The requirements are based primarily on my perspectives working with the ACE3P developers at SLAC. The intent, of course, is to be able to support other applications and other workgroups. The main requirements are:
- Track the location where simulation results are stored. This is so that results/data from one simulation can be transparently used as input to other simulation runs. (Right now users just gotta know where their datasets are on Cori, which is not easy, in part, because we insert a 24-character job id in the path.)
- Handle multiple instances of a given simulation, to support typical interative development methodologies.
The basic strategy is to add an smtk::project::Job class to store metadata associated with each simulation job that is run with project resources. An instance of the Job class will be added to the project each time a long-duration computing process is run. The Job instance will store information such as the job id assigned by the computing system, the date and time the job was started, the filesystem location of input and output data, and the state of the job (queued, running, complete, error, etc.). For each simulation, the project can store any number of jobs, one of which can be designated as the “current” job, indicating which job outputs should be used when configured as input to other simulations. It is expected that the Job class will be used by simulation-specific classes, either through inheritance or containment, to store data relevant to their individual use cases.

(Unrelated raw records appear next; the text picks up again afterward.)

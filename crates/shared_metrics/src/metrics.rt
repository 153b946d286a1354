// The metrics of one VM name, as one thread uses them.
ghost use Rattle.std.specs.Prelude.{◌≡◌, ◌<◌, ◌+◌, ◌%◌, ◌^◌, ◌++◌, [], ◌∷◌, true, length, sum_by, slice_set, position, is_some, IsOk, IfOk, OnOk, OnErr, IfSome};
ghost use Rattle.store_model.specs.MetricReplies.{IsDefineReply, IsReplyToAsk};
ghost use Rattle.store_model.specs.Metrics.{applied_ask, ask_takes_no_memory, is_named, known_place, known_to, metric_in, new_metric, share_of, total, with_word};
ghost use Rattle.store_model.specs.Metrics as rules;

use crate::{added, is_kind, put};
use gate_base::{Octets, OutOfMemory, WorkerNo};
use std::alloc::Global;
use std::marker::Model;
use store_model::{MOST_METRICS, Metric, MetricAsk, MetricKind, MetricReply, Share};

/// The metrics of one VM name, in the order of their ids from 1. Clauses see the list of them.
#[derive(Drop)]
pub struct Metrics {
    list: Vec<Metric>,
}

impl Model for Metrics {
    ghost use Rattle.std.specs.Prelude.{List, ◌≤◌, length};
    ghost use Rattle.store_model.specs.declared.metric.Metric.{Metric};
    ghost use Rattle.store_model.specs.declared.used.TheConstants.{MOST_METRICS};

    ghost Value = { List Metric };

    ghost view = { λ m. m.list.items };

    ghost invariant = { λ m. length m.list.items ≤ MOST_METRICS };
}

impl Metrics {
    /// No metrics. It takes no memory.
    pub fn new(alloc: Global) -> Metrics
        ensures { result ≡ [] }
    {
        Metrics {
            list: Vec::new(alloc),
        }
    }

    /// Answers an ask of a worker. Want of memory is answered before anything is changed.
    pub fn apply(
        &mut self,
        alloc: Global,
        who: WorkerNo,
        ask: &MetricAsk,
    ) -> Result<MetricReply, OutOfMemory>
        ensures reply { IfOk result (λ r. r ≡ (applied_ask self.old who ask.now).reply) }
        ensures may { IfOk result (IsReplyToAsk ask.now) }
        ensures after { OnOk result (self.new ≡ (applied_ask self.old who ask.now).metrics) }
        ensures err { OnErr result (self.new ≡ self.old) }
        ensures sure { ask_takes_no_memory ask.now self.old ≡ true → IsOk result }
    {
        match ask {
            MetricAsk::Define { kind, name } => self.define(alloc, who, *kind, name.as_slice()),
            MetricAsk::Add { id, by } => Ok(self.add(who, *id, *by)),
            MetricAsk::Put { id, value } => Ok(self.put(who, *id, *value)),
            MetricAsk::Sum { id } => Ok(self.sum(who, *id)),
        }
    }

    /// The place of the metric of a kind and a name, if it is there.
    fn place(&self, kind: MetricKind, name: &[u8]) -> Option<usize>
        ensures place { result ≡ position (is_named kind name.now) self.now }
        ensures within { IfSome result (λ k. k < length self.now) }
    {
        self.list
            .iter()
            .position(|m| is_kind(kind, m.kind) && name == m.name.as_slice())
    }

    /// The place of the metric of an id, where this worker got the id.
    fn known(&self, who: WorkerNo, id: u32) -> Option<usize>
        ensures place { result ≡ known_place self.now who id }
        ensures within { IfSome result (λ k. k < length self.now) }
    {
        if id == 0 {
            return None;
        }
        let k = id as usize - 1;
        let metric = self.list.get(k)?;
        if metric.shares[who.get() as usize - 1].knows {
            Some(k)
        } else {
            None
        }
    }

    /// The id of a metric, which is made where it is new and there is room; from here on the worker knows it.
    fn define(
        &mut self,
        alloc: Global,
        who: WorkerNo,
        kind: MetricKind,
        name: &[u8],
    ) -> Result<MetricReply, OutOfMemory>
        ensures reply { IfOk result (λ r. r ≡ (rules.defined self.old who kind name.now (position (is_named kind name.now) self.old)).reply) }
        ensures may { IfOk result IsDefineReply }
        ensures after { OnOk result (self.new ≡ (rules.defined self.old who kind name.now (position (is_named kind name.now) self.old)).metrics) }
        ensures err { OnErr result (self.new ≡ self.old) }
        ensures sure { is_some (position (is_named kind name.now) self.old) ≡ true → IsOk result }
    {
        match self.place(kind, name) {
            Some(k) => {
                self.make_known(who, k);
                Ok(MetricReply::Id { id: k as u32 + 1 })
            }
            None if self.list.len() as u64 >= MOST_METRICS => Ok(MetricReply::Full),
            None => self.put_last(alloc, who, kind, name),
        }
    }

    /// Makes a new metric, which the worker knows.
    fn put_last(
        &mut self,
        alloc: Global,
        who: WorkerNo,
        kind: MetricKind,
        name: &[u8],
    ) -> Result<MetricReply, OutOfMemory>
        requires { length self.old < MOST_METRICS }
        ensures reply { IfOk result (λ r. r ≡ MetricReply.Id (length self.old + 1)) }
        ensures may { IfOk result IsDefineReply }
        ensures after { OnOk result (self.new ≡ self.old ++ known_to who (new_metric kind name.now) ∷ []) }
        ensures err { OnErr result (self.new ≡ self.old) }
    {
        let name = Octets::from_slice(alloc, name)?;
        let mut shares = [Share {
            knows: false,
            word: 0,
        }; 8];
        shares[who.get() as usize - 1].knows = true;
        self.list.push(Metric { kind, name, shares })?;
        Ok(MetricReply::Id {
            id: self.list.len() as u32,
        })
    }

    /// The worker knows the id of the metric at a place.
    fn make_known(&mut self, who: WorkerNo, k: usize)
        requires { k < length self.old }
        ensures { self.new ≡ slice_set self.old k (known_to who (metric_in self.old k)) }
    {
        self.list[k].shares[who.get() as usize - 1].knows = true;
    }

    /// The kind of the metric at a place, and the worker's own word of it.
    fn word(&self, who: WorkerNo, k: usize) -> (MetricKind, u64)
        requires { k < length self.now }
        ensures kind { result.0 ≡ (metric_in self.now k).kind }
        ensures word { result.1 ≡ (share_of (metric_in self.now k) who).word }
    {
        let metric = &self.list[k];
        (metric.kind, metric.shares[who.get() as usize - 1].word)
    }

    /// Writes the worker's own word of the metric at a place.
    fn set_word(&mut self, who: WorkerNo, k: usize, word: u64)
        requires { k < length self.old }
        ensures { self.new ≡ slice_set self.old k (with_word (metric_in self.old k) who word) }
    {
        self.list[k].shares[who.get() as usize - 1].word = word;
    }

    /// Adds to the worker's own word.
    fn add(&mut self, who: WorkerNo, id: u32, by: i64) -> MetricReply
        ensures reply { result ≡ (applied_ask self.old who (MetricAsk.Add id by)).reply }
        ensures after { self.new ≡ (applied_ask self.old who (MetricAsk.Add id by)).metrics }
    {
        match self.known(who, id) {
            Some(k) => {
                let (kind, word) = self.word(who, k);
                let (word, reply) = added(kind, word, by);
                self.set_word(who, k, word);
                reply
            }
            None => MetricReply::Unknown,
        }
    }

    /// Puts a value into the worker's own word.
    fn put(&mut self, who: WorkerNo, id: u32, value: u64) -> MetricReply
        ensures reply { result ≡ (applied_ask self.old who (MetricAsk.Put id value)).reply }
        ensures after { self.new ≡ (applied_ask self.old who (MetricAsk.Put id value)).metrics }
    {
        match self.known(who, id) {
            Some(k) => {
                let (kind, word) = self.word(who, k);
                let (word, reply) = put(kind, word, value);
                self.set_word(who, k, word);
                reply
            }
            None => MetricReply::Unknown,
        }
    }

    /// The sum of all workers' words.
    fn sum(&self, who: WorkerNo, id: u32) -> MetricReply
        ensures { result ≡ (applied_ask self.now who (MetricAsk.Sum id)).reply }
    {
        match self.known(who, id) {
            Some(k) => MetricReply::Total {
                value: total_of(&self.list[k].shares),
            },
            None => MetricReply::Unknown,
        }
    }
}

/// The sum of the words, modulo 2^64.
fn total_of(shares: &[Share]) -> u64
    ensures { result ≡ sum_by (λ s. s.word) shares.now % 2 ^ 64 }
{
    let mut total = 0u64;
    for share in shares {
        total = total.wrapping_add(share.word);
    }
    total
}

In practice, the thinking is that simulation-specific plugins (ace3pextensions, truchas-extension) will create and update Job instances, and the project-manager plugin will display that data.

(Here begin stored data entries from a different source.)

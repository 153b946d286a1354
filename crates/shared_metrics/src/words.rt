// What an Add or a Put makes of a word.
ghost use Rattle.std.specs.Prelude.{◌≡◌};
ghost use Rattle.store_model.specs.Metrics as rules;

use store_model::{MetricKind, MetricReply};

/// Whether two kinds are one.
pub fn is_kind(one: MetricKind, other: MetricKind) -> bool
    ensures { result ≡ rules.is_kind one other }
{
    match (one, other) {
        (MetricKind::Counter, MetricKind::Counter) => true,
        (MetricKind::Gauge, MetricKind::Gauge) => true,
        _ => false,
    }
}

/// A counter's word with so much more, up to 2^64 - 1, and the reply.
fn raised(word: u64, by: u64) -> (u64, MetricReply)
    ensures word { result.0 ≡ rules.raised word by }
    ensures reply { result.1 ≡ rules.raise_reply word by }
{
    if by <= u64::MAX - word {
        (word + by, MetricReply::Done)
    } else {
        (word, MetricReply::Full)
    }
}

/// A word after an Add, and the reply.
pub fn added(kind: MetricKind, word: u64, by: i64) -> (u64, MetricReply)
    ensures word { result.0 ≡ rules.word_added kind word by }
    ensures reply { result.1 ≡ rules.add_reply kind word by }
{
    match kind {
        MetricKind::Counter if by < 0 => (word, MetricReply::BadKind),
        MetricKind::Counter => raised(word, by as u64),
        MetricKind::Gauge => (word.wrapping_add_signed(by), MetricReply::Done),
    }
}

/// A word after a Put, and the reply.
pub fn put(kind: MetricKind, word: u64, value: u64) -> (u64, MetricReply)
    ensures word { result.0 ≡ rules.word_put kind word value }
    ensures reply { result.1 ≡ rules.put_reply kind word value }
{
    match kind {
        MetricKind::Counter => raised(word, value),
        MetricKind::Gauge => (value, MetricReply::Done),
    }
}
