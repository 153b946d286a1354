//! The metrics of one VM name, as one thread uses them.
#![tactic(auto)]

mod metrics;
mod words;

pub use metrics::Metrics;
pub use words::{added, is_kind, put};
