//! Laws of readers, each the contract of a function that does nothing.

ghost use Rattle.std.specs.Prelude.{◌≡◌, ◌<◌, ◌++◌, ℕ, List};
ghost use Rattle.braid_io.specs.Outside.{Intake};
ghost use Rattle.braid_change.specs.Updates.{UpdateView};
ghost use Rattle.braid_grammar.specs.Streams.{HaveUpdates};
ghost use Rattle.braid_stream.specs.declared.reading.Reading.{Reading};
ghost use Rattle.braid_stream.specs.declared.next.Next.TheVariants.{Update};
ghost use Rattle.braid_stream.specs.Readers.{HasTaken, Answers, budget};

/// What a reader that goes on has taken: bytes that complete exactly the updates that it answered and have no fault,
/// followed by those that it holds. The updates are determined by the reader and the bytes.
pub fn meaning()
    ensures updates { (us : List UpdateView) (reader : Reading) (bytes : List ℕ) → HasTaken us reader bytes
        → (fed : List ℕ) × (held : List ℕ) × (bytes ≡ fed ++ held) × HaveUpdates us fed }
    ensures one { (us vs : List UpdateView) (reader : Reading) (bytes : List ℕ)
        → HasTaken us reader bytes → HasTaken vs reader bytes → us ≡ vs }
{}

/// Each update that a reader answers costs at least one byte of what it may still feed, so that a loop over its answers
/// ends.
pub fn budget_falls()
    ensures law { (us : List UpdateView) (bytes : List ℕ) (u : UpdateView) (old new : Reading) (before after : Intake)
        → HasTaken us old bytes → Answers us bytes (Update u) new before after → budget new < budget old }
{}
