//! Readers of update streams, updates out of a source of bytes; and a writer of them.
//!
//! A reader takes bytes from its source piece by piece, feeds them to a framer, and answers the updates of the stream
//! one by one, in order; and at last how the stream ended: with a gap; within a line, a head or a content, or before a
//! patch; with a fault; or not within the limit. What it answers follows from the bytes that the source gave, however
//! they came, and it reads no more where those at hand hold the answer. The stream is that of `braid_grammar`, in the
//! manner of RFC 9112.
//!
//! `UpdateReader` is handed its source at each call; `StreamReader` owns its source. Neither takes memory but for what
//! its framer keeps, a head or a content, and for the update that it builds. `StreamWriter` writes updates as the chunks
//! of a body (RFC 9112, section 7.1), and takes none. Not promised: that a read or a write ever comes back, and that bytes
//! which are held are not lost with a reader that is dropped.
#![tactic(auto)]

mod held;
pub mod laws;
mod next;
mod reading;
mod stream_reader;
mod stream_writer;
mod update_reader;

pub use next::Next;
pub use stream_reader::StreamReader;
pub use stream_writer::StreamWriter;
pub use update_reader::UpdateReader;

#[cfg(test)]
mod tests;
#[cfg(test)]
mod writer_tests;
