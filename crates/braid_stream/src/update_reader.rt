ghost use Rattle.std.specs.Prelude.{◌≡◌, ℕ, List, []};
ghost use Rattle.braid_change.specs.Updates.{UpdateView};

use crate::next::Next;
use crate::reading::Reading;
use braid_io::Source;
use std::alloc::Global;
use std::marker::Model;

/// Reads the updates of one stream from a source that it is handed at each call.
///
/// It holds at most 8,192 bytes that were read and not yet fed, and what its framer keeps. Contracts see it as what it
/// keeps between its answers.
#[derive(Drop)]
pub struct UpdateReader {
    reading: Reading,
}

impl Model for UpdateReader {
    ghost use Rattle.braid_stream.specs.declared.reading.Reading.{Reading};
    ghost use Rattle.braid_stream.specs.Readers.{IsReadable};

    ghost Value = { Reading };

    ghost view = { λ reader. reader.reading };

    ghost invariant = { λ reader. IsReadable reader.reading };
}

impl UpdateReader {
    ghost use Rattle.braid_stream.specs.declared.next.Next.{Next as Answer};
    ghost use Rattle.braid_stream.specs.Readers.{HasTaken, GoesOn, HasEnded, IsReadable, HaveAnswer, Answers};

    /// A reader that has read nothing. It takes no memory.
    pub fn new(alloc: Global) -> UpdateReader
        ensures none { HasTaken [] result [] }
        ensures going { GoesOn result }
    {
        UpdateReader {
            reading: Reading::new(alloc),
        }
    }

    /// The next update of the stream, or why there is none, by all bytes that the reader has taken.
    ///
    /// Where the bytes taken before this call hold one more update, or the fault of the stream, it leaves `source` alone.
    /// Else it may read from it, and never past the limit of 1,099,511,627,776 bytes taken in all. `source` is the same
    /// at each call, or one that goes on with its bytes.
    ///
    /// After `Update` and `ReadFault` a further call goes on. After any other answer it gives that answer for good, and
    /// leaves itself and `source` alone.
    pub fn next<S: Source>(&mut self, source: &mut S) -> Next
        ensures readable { IsReadable self.old }
        ensures answers { (us : List UpdateView) (bytes : List ℕ) → GoesOn self.old → HasTaken us self.old bytes
            → Answers us bytes result self.new (S.intake source.old) (S.intake source.new) }
        ensures at_hand { (us : List UpdateView) (bytes : List ℕ) → GoesOn self.old → HasTaken us self.old bytes
            → HaveAnswer us bytes → source.new ≡ source.old }
        ensures again { (next : Answer) → HasEnded self.old next
            → (result ≡ next) × (self.new ≡ self.old) × (source.new ≡ source.old) }
        ensures kept { S.beside_reads source.new ≡ S.beside_reads source.old }
    {
        self.reading.next(source)
    }
}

New Class smtk::project::Job
The public API for the class is still being definitized, but the current strawman includes:
attributeResource() // the attribute resource that specifies the job/analysis
description() // a user-supplied string
id() // a system-assigned job id (string)
remoteLocation() // URL for locating data generated on remote machine (if applicable)
startDateTime() // timestamp indicating when the job was created/started
state()/setState() // enum with values such as created, queued, running, etc.
The ACE3P subclass will likely include methods such as:
nerscId() // we will use the 24-char Cumulus id as the SMTK job id, however, the NERSC scheduler also assigns its own job id (a much friendlier 6-digit number).
resultsComponent() // returns the relative path to specific elements within an ACE3P results folder, e.g., mode files and deformed-mesh files.
slurmScript() // the SLURM command script that was used to submit the job
Job updates to smtk::project::Project
Basic accessors to be added to the Project class include:
addJob(attResource, Job, setCurrent=true) // store job instance for given attribute resource
deleteJob(smtk::project::Job)
findJob(id) // return job instance for given id (string)
getCurrentJob(smtk::attribute::Resource) // return current job, if any, for give attribute resource
getJobs() // return list of all jobs stored in the project
getJobs(attributeResource) // return list of jobs stored for a given attribute resource
setCurrentJob(resource, job) // sets current job for give attribute resource (which can be nullptr)
Issues and Related Topics
Job instances will need to migrate between the modelbuilder server and client processes.
I had earlier posed a question of whether or not to save a copy of the simulation attributes in the Job instance. My revised position is that the job instance should, at a minimum, store a checksum for each resource used to generate the simulation input data. This could be replaced by resource versions in the future.